Workflow failed. Causes: The minimum amount of memory of a Dataflow worker instance is 1740 MB. The machine type selected (f1-micro) only has 614 MB of memory.
In my defense, the UI allowed me to select that machine type.
The error message indicates that the Dataflow worker instance must have at least 1740 MB of memory, but the f1-micro machine type only has 614 MB of memory.
To fix the error, you need to use a machine type with at least 1740 MB of memory. The default machine type for Dataflow jobs is n1-standard-1, which has 3.75 GB of memory. You can also consider other machine types, such as n1-standard-2 (7.5 GB of memory) or n1-standard-4 (15 GB of memory).

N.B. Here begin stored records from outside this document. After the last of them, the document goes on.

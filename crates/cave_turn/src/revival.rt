//! How a player comes back from death.

ghost use Rattle.std.specs.Prelude.{◌≡◌, ◌+◌};
ghost use Rattle.base_lines.specs.Numbers.{LAST_OBJECT};
ghost use Rattle.cave_world.specs.declared.ending.Question.TheVariants as question_is;
ghost use Rattle.turn_scene.specs.Bounds.{GoesOnSaying, HasRoom, MovesOnSaying, parts_of_arrival};
ghost use Rattle.turn_scene.specs.Bounds.{parts_of_end};
ghost use Rattle.turn_scene.specs.Scene.{scene_of, cave_of};
ghost use Rattle.cave_world.specs.declared.tables.Table.TheVariants as table;
ghost use Rattle.turn_scene.specs.Rows.{Does, after_all, deed, by_table};
ghost use Rattle.cave_turn.specs.Revival.{after_fall, revive, revival_rows, come_back, bury};
ghost use Rattle.turn_scene.specs.Effects.{for_each_down_from};

use cave_words::Named;
use cave_world::{Ending, LIVES, RowNotes, Table};
use data_rows::Role;
use turn_ends::{count_death, end_as};
use turn_moves::describe_here;
use turn_scene::props::LAMP_OFF;
use turn_scene::{Rules, Scene, building_place, is_carried, rows, start_place};
use world_objects::Object;
use world_objects::object::OBJECTS;

/// The player wants to come back.
#[tactic(auto, unfolding(crate::specs::Revival::come_back, crate::specs::Revival::reborn_rows))]
pub fn come_back<N: RowNotes>(rules: &Rules<'_>, scene: &mut Scene<'_, N>)
    requires { HasRoom (parts_of_arrival scene.old.left + 1) scene.old }
    ensures scene { scene_of N.rows scene.new ≡ (after_all come_back
        (deed (cave_of rules.now) question_is.Die (scene_of N.rows scene.old))).scene }
    ensures says { MovesOnSaying (parts_of_arrival scene.old.left + 1) scene.old scene.new }
{
    let deaths = scene.state.tallies.deaths.number();
    rows! { scene, Table::Reborn;
        deaths == 0 => say(Role::Reborn1);
        deaths == 1 => say(Role::Reborn2);
        otherwise => say(Role::Reborn3);
    }
    count_death(scene.state);
    decide_revival(rules, scene);
}

/// The third death is the last, and after another the player is back.
#[tactic(auto, unfolding(crate::specs::Revival::revival_rows))]
fn decide_revival<N: RowNotes>(rules: &Rules<'_>, scene: &mut Scene<'_, N>)
    requires { HasRoom (parts_of_arrival scene.old.left) scene.old }
    ensures scene { scene_of N.rows scene.new ≡ (by_table table.Revival revival_rows
        (deed (cave_of rules.now) question_is.Die (scene_of N.rows scene.old))).scene }
    ensures says { MovesOnSaying (parts_of_arrival scene.old.left) scene.old scene.new }
{
    rows! { scene, Table::Revival;
        LIVES <= scene.state.tallies.deaths.number() => { end_as(rules, Ending::Killed, scene); };
        otherwise => { revive(rules, scene); };
    }
}

/// What was in the hands falls, the last object first.
fn leave_belongings<N: RowNotes>(rules: &Rules<'_>, scene: &mut Scene<'_, N>)
    ensures scene { scene_of N.rows scene.new
        ≡ for_each_down_from LAST_OBJECT (after_fall (cave_of rules.now))
        (scene_of N.rows scene.old) }
    ensures says { GoesOnSaying 0 scene.old scene.new }
{
    for before in 0..OBJECTS as u8 {
        let object = Object::new(OBJECTS as u8 - before);
        let_fall(rules, object, scene);
    }
}

/// The player is back with empty hands, and a lamp that was carried is out.
#[tactic(auto, unfolding(crate::specs::Revival::revive, crate::specs::Revival::put_out_rows))]
fn revive<N: RowNotes>(rules: &Rules<'_>, scene: &mut Scene<'_, N>)
    requires { HasRoom (parts_of_arrival scene.old.left) scene.old }
    ensures scene { scene_of N.rows scene.new
        ≡ (after_all revive
        (deed (cave_of rules.now) question_is.Die (scene_of N.rows scene.old))).scene }
    ensures says { MovesOnSaying (parts_of_arrival scene.old.left) scene.old scene.new }
{
    let lamp = rules.thing(Named::Lamp);
    rows! { scene, Table::LampPutOut;
        is_carried(rules, scene.state, lamp) => set_prop(lamp, LAMP_OFF);
    }
    leave_belongings(rules, scene);
    scene.state.put_player_from(building_place(rules.cave));
    describe_here(rules, scene);
}

/// An object in the hands falls: the lamp where the game begins, and all else at the older place of
/// the trail. A death sets that place to where it leaves things, except a death at place 0.
#[tactic(auto, unfolding(crate::specs::Revival::after_fall, crate::specs::Revival::fall_rows))]
fn let_fall<N: RowNotes>(rules: &Rules<'_>, object: Object, scene: &mut Scene<'_, N>)
    ensures scene { scene_of N.rows scene.new
        ≡ after_fall (cave_of rules.now) object (scene_of N.rows scene.old) }
    ensures says { GoesOnSaying 0 scene.old scene.new }
{
    let is_held = scene.state.objects.is_in_hands(object);
    rows! { scene, Table::Fall;
        is_held && rules.is(object, Named::Lamp) => move_to(object, start_place(rules.cave));
        is_held => move_to(object, scene.state.trail.older);
    }
}

/// A player who doesn't want to come back is dead.
#[tactic(auto, unfolding(crate::specs::Revival::bury))]
pub fn bury<N: RowNotes>(rules: &Rules<'_>, scene: &mut Scene<'_, N>)
    requires { HasRoom (1 + parts_of_end) scene.old }
    ensures rows { Does N.rows bury (1 + parts_of_end) rules.now question_is.Die scene.old
        scene.new }
{
    scene.say(Role::Ok);
    count_death(scene.state);
    end_as(rules, Ending::Killed, scene);
}
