ghost use Rattle.std.specs.Prelude.{◌≡◌, ◌+◌, ◌^◌, ◌<◌, ◌≤◌, [], false, IsTrue};
ghost use Rattle.arrayvec.specs.ArrayVec.{array_vec_len};
ghost use Rattle.base_lines.specs.Line.{is_line};
ghost use Rattle.cave_words.specs.Lexicon.{IsLexiconOf};
ghost use Rattle.turn_scene.specs.Bounds.{parts_of_turn};
ghost use Rattle.turn_scene.specs.Scene.{cave_of};
ghost use Rattle.cave_turn.specs.Turns.{start_of_game, turn_on_line, turn_of_input, rows_on_line};
ghost use Rattle.cave_turn.specs.Turns.{rows_of_input};

use crate::answers::{answers, close_question, take_answer};
use crate::commands::command;
use base_lines::{LogLine, Meter};
use cave_data::Cave;
use cave_words::{Lexicon, Stream};
use cave_world::{Out, Part, RowNotes, State, Unnoted};
use data_rows::Role;
use turn_ends::begun_state;
use turn_scene::Rules;

/// Plays a line of a log in the state itself. Returns whether it is a turn of the game.
pub fn take_line(
    rules: &Rules<'_>,
    state: &mut State,
    line: &[u8],
    out: &mut Out,
    meter: &mut Meter,
) -> bool
    requires line { IsTrue (is_line line.now) }
    requires empty { out.old.items ≡ [] }
    requires room { meter.old + 1 < 2 ^ 64 }

    ensures turn { record { state = state.new; parts = out.new.items; ticked = result }
        ≡ turn_on_line (cave_of rules.now) state.old line.now }
    ensures few { array_vec_len out.new ≤ parts_of_turn }
    ensures counted { meter.new ≡ meter.old + 1 }
{
    note_rows_on_line(rules, state, line, out, &mut Unnoted::new(), meter)
}

/// The same, and notes the rows of the rules as they apply or are tried.
#[tactic(auto, unfolding(crate::specs::Turns::turn_on_line, crate::specs::Turns::rows_on_line))]
pub fn note_rows_on_line<N: RowNotes>(
    rules: &Rules<'_>,
    state: &mut State,
    line: &[u8],
    out: &mut Out,
    notes: &mut N,
    meter: &mut Meter,
) -> bool
    requires line { IsTrue (is_line line.now) }
    requires empty { out.old.items ≡ [] }
    requires unnoted { N.rows notes.old ≡ [] }
    requires room { meter.old + 1 < 2 ^ 64 }

    ensures turn { record { state = state.new; parts = out.new.items; ticked = result }
        ≡ turn_on_line (cave_of rules.now) state.old line.now }
    ensures rows { N.rows notes.new ≡ rows_on_line (cave_of rules.now) state.old line.now }
    ensures few { array_vec_len out.new ≤ parts_of_turn }
    ensures counted { meter.new ≡ meter.old + 1 }
{
    meter.tick();
    match LogLine::of(line) {
        LogLine::Comment | LogLine::Blank => false,
        LogLine::Seed(seed) => {
            state.stream = Stream::seeded(seed);
            false
        }
        LogLine::Input => play_turn(rules, line, state, out, notes),
    }
}

/// What a line does to a game: the state after it, and whether it is a turn of the game.
#[derive(Clone, Copy, Debug, PartialEq, Eq)]
pub struct Turned {
    pub state: State,
    pub ticked: bool,
}

/// Plays a line of a log, and leaves the state as it was before the line to the caller.
pub fn turn(
    cave: &Cave,
    lexicon: &Lexicon,
    state: &State,
    line: &[u8],
    out: &mut Out,
    meter: &mut Meter,
) -> Turned
    requires words { IsLexiconOf cave.now lexicon.now }
    requires line { IsTrue (is_line line.now) }
    requires empty { out.old.items ≡ [] }
    requires room { meter.old + 1 < 2 ^ 64 }

    ensures turn { record { state = result.state; parts = out.new.items; ticked = result.ticked }
        ≡ turn_on_line cave.now state.now line.now }
    ensures few { array_vec_len out.new ≤ parts_of_turn }
    ensures counted { meter.new ≡ meter.old + 1 }
{
    let mut state = *state;
    let ticked = take_line(&Rules::of(cave, lexicon), &mut state, line, out, meter);
    Turned { state, ticked }
}

/// Begins a game.
#[tactic(auto, unfolding(crate::specs::Turns::start_of_game))]
pub fn start(cave: &Cave, seed: u32, out: &mut Out) -> State
    requires { out.old.items ≡ [] }
    ensures { record { state = result; parts = out.new.items } ≡ start_of_game cave.now seed }
{
    out.push(Part::Role(Role::Welcome));
    begun_state(cave, Stream::seeded(seed))
}

/// Plays a line of input. Returns whether it is a turn of the game.
fn play_turn<N: RowNotes>(
    rules: &Rules<'_>,
    line: &[u8],
    state: &mut State,
    out: &mut Out,
    notes: &mut N,
) -> bool
    requires empty { out.old.items ≡ [] }
    requires unnoted { N.rows notes.old ≡ [] }
    ensures turn { record { state = state.new; parts = out.new.items; ticked = result }
        ≡ turn_of_input (cave_of rules.now) line.now state.old.ending state.old.question state.old }
    ensures rows { N.rows notes.new
        ≡ rows_of_input (cave_of rules.now) line.now state.old.ending state.old.question state.old }
    ensures few { array_vec_len out.new ≤ parts_of_turn }
{
    if state.ending.is_some() {
        return false;
    }
    match state.question {
        Some(question) => {
            if !answers(rules, line, &question) {
                close_question(state);
                command(rules, line, state, out, notes);
                return true;
            }
            take_answer(rules, &question, line, state, out, notes);
            false
        }
        None => {
            command(rules, line, state, out, notes);
            true
        }
    }
}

To change the machine type for your Dataflow job, use the --workerMachineType option when submitting your job. For example, to use the n1-standard-1 machine type:
gcloud dataflow jobs run my_job --workerMachineType=n1-standard-1
In Python, you can specify the machine type in your Dataflow pipeline code:
from apache_beam.options.pipeline_options import PipelineOptions
pipeline = beam.Pipeline(options=PipelineOptions(worker_machine_type="n1-standard-1"))
Once you’ve adjusted the machine type for your Dataflow job, you should be able to submit it successfully.
Additional tips for selecting the right machine type:
Data size and complexity: If you’re processing a large dataset or running a complex pipeline, you may need to use a machine type with more memory.
Worker count: Dataflow automatically scales the number of workers as needed. However, for a large number of workers, a machine type with more memory might be beneficial.
Budget: Dataflow charges based on the amount of CPU and memory that your job uses. If you’re on a tight budget, you may want to use a smaller machine type.